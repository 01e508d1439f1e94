// What plain texts ask.
ghost use Rattle.std.specs.Prelude.{◌≤◌, length};
ghost use Rattle.s80_model.specs.Plain.{IsPlain};

use s80_base::Text;
use s80_change::{fitting_doit, syntax_refusal};
use s80_form::{Form, Recognised, Refused, recognise};
use s80_syntax::{MethodTree, parse_doit};
use std::alloc::Global;

/// What a plain text asks that has a tree which fits a machine.
#[derive(Debug, Drop)]
pub enum Plain {
    /// To change classes so.
    Form(Form),
    /// To take a snapshot.
    Snapshot,
    /// To condense.
    Condense,
    /// To evaluate this text, whose tree this is.
    Evaluate(Text, MethodTree),
}

/// What a plain text asks, or why it is refused by itself: it has no tree, or one that doesn't fit a machine. It is parsed once.
pub fn plain_of(alloc: Global, text: Text) -> Result<Plain, Refused>
    requires { length text ≤ 65535 }
    ensures { IsPlain text result }
{
    let tree = match parse_doit(alloc, &text) {
        Ok(tree) => tree,
        Err(fault) => return Err(Refused::Refusal(syntax_refusal(fault)?)),
    };
    let recognised = recognise(alloc, &tree)?;
    let method = fitting_doit(alloc, tree)?;
    match recognised {
        Recognised::Form(form) => Ok(Plain::Form(form)),
        Recognised::Condense => Ok(Plain::Condense),
        Recognised::Snapshot => Ok(Plain::Snapshot),
        Recognised::Evaluate => Ok(Plain::Evaluate(text, method)),
    }
}
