//! The model keeper: what the items of an input ask, and what they are answered, whatever keeps the list of changes; with the texts that queries are told.
#![tactic(auto)]

mod browse;
mod changes;
mod item;
mod laws;
mod plain;
mod reply;
mod section;
mod side;
mod sought;
mod told;

pub use browse::browse_text;
pub use changes::{changes_text, snapshot_note, versions_text};
pub use item::{Filed, Query, SessionItem};
pub use laws::one_ask;
pub use plain::{Plain, plain_of};
pub use reply::{Answer, Reply};
pub use section::{Section, head_answer, method_of, too_long_answer};
pub use side::side_named;
pub use sought::{names_text, places_text};
pub use told::{classes_text, recovered_text};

• • • •

Extract the complete listing above, reproducing each line exactly.

repository 01e508d1439f1e94
// What plain texts ask.
ghost use Rattle.std.specs.Prelude.{◌≤◌, length};
ghost use Rattle.s80_model.specs.Plain.{IsPlain};

use s80_base::Text;
use s80_change::{fitting_doit, syntax_refusal};
use s80_form::{Form, Recognised, Refused, recognise};
use s80_syntax::{MethodTree, parse_doit};
use std::alloc::Global;

/// What a plain text asks that has a tree which fits a machine.
#[derive(Debug, Drop)]
pub enum Plain {
    /// To change classes so.
    Form(Form),
    /// To take a snapshot.
    Snapshot,
    /// To condense.
    Condense,
    /// To evaluate this text, whose tree this is.
    Evaluate(Text, MethodTree),
}

/// What a plain text asks, or why it is refused by itself: it has no tree, or one that doesn't fit a machine. It is parsed once.
pub fn plain_of(alloc: Global, text: Text) -> Result<Plain, Refused>
    requires { length text ≤ 65535 }
    ensures { IsPlain text result }
{
    let tree = match parse_doit(alloc, &text) {
        Ok(tree) => tree,
        Err(fault) => return Err(Refused::Refusal(syntax_refusal(fault)?)),
    };
    let recognised = recognise(alloc, &tree)?;
    let method = fitting_doit(alloc, tree)?;
    match recognised {
        Recognised::Form(form) => Ok(Plain::Form(form)),
        Recognised::Condense => Ok(Plain::Condense),
        Recognised::Snapshot => Ok(Plain::Snapshot),
        Recognised::Evaluate => Ok(Plain::Evaluate(text, method)),
    }
}
//! The model keeper: what the items of an input ask, and what they are answered, whatever keeps the list of changes; with the texts that queries are told.
#![tactic(auto)]

mod browse;
mod changes;
mod item;
mod laws;
mod plain;
mod reply;
mod section;
mod side;
mod sought;
mod told;

pub use browse::browse_text;
pub use changes::{changes_text, snapshot_note, versions_text};
pub use item::{Filed, Query, SessionItem};
pub use laws::one_ask;
pub use plain::{Plain, plain_of};
pub use reply::{Answer, Reply};
pub use section::{Section, head_answer, method_of, too_long_answer};
pub use side::side_named;
pub use sought::{names_text, places_text};
pub use told::{classes_text, recovered_text};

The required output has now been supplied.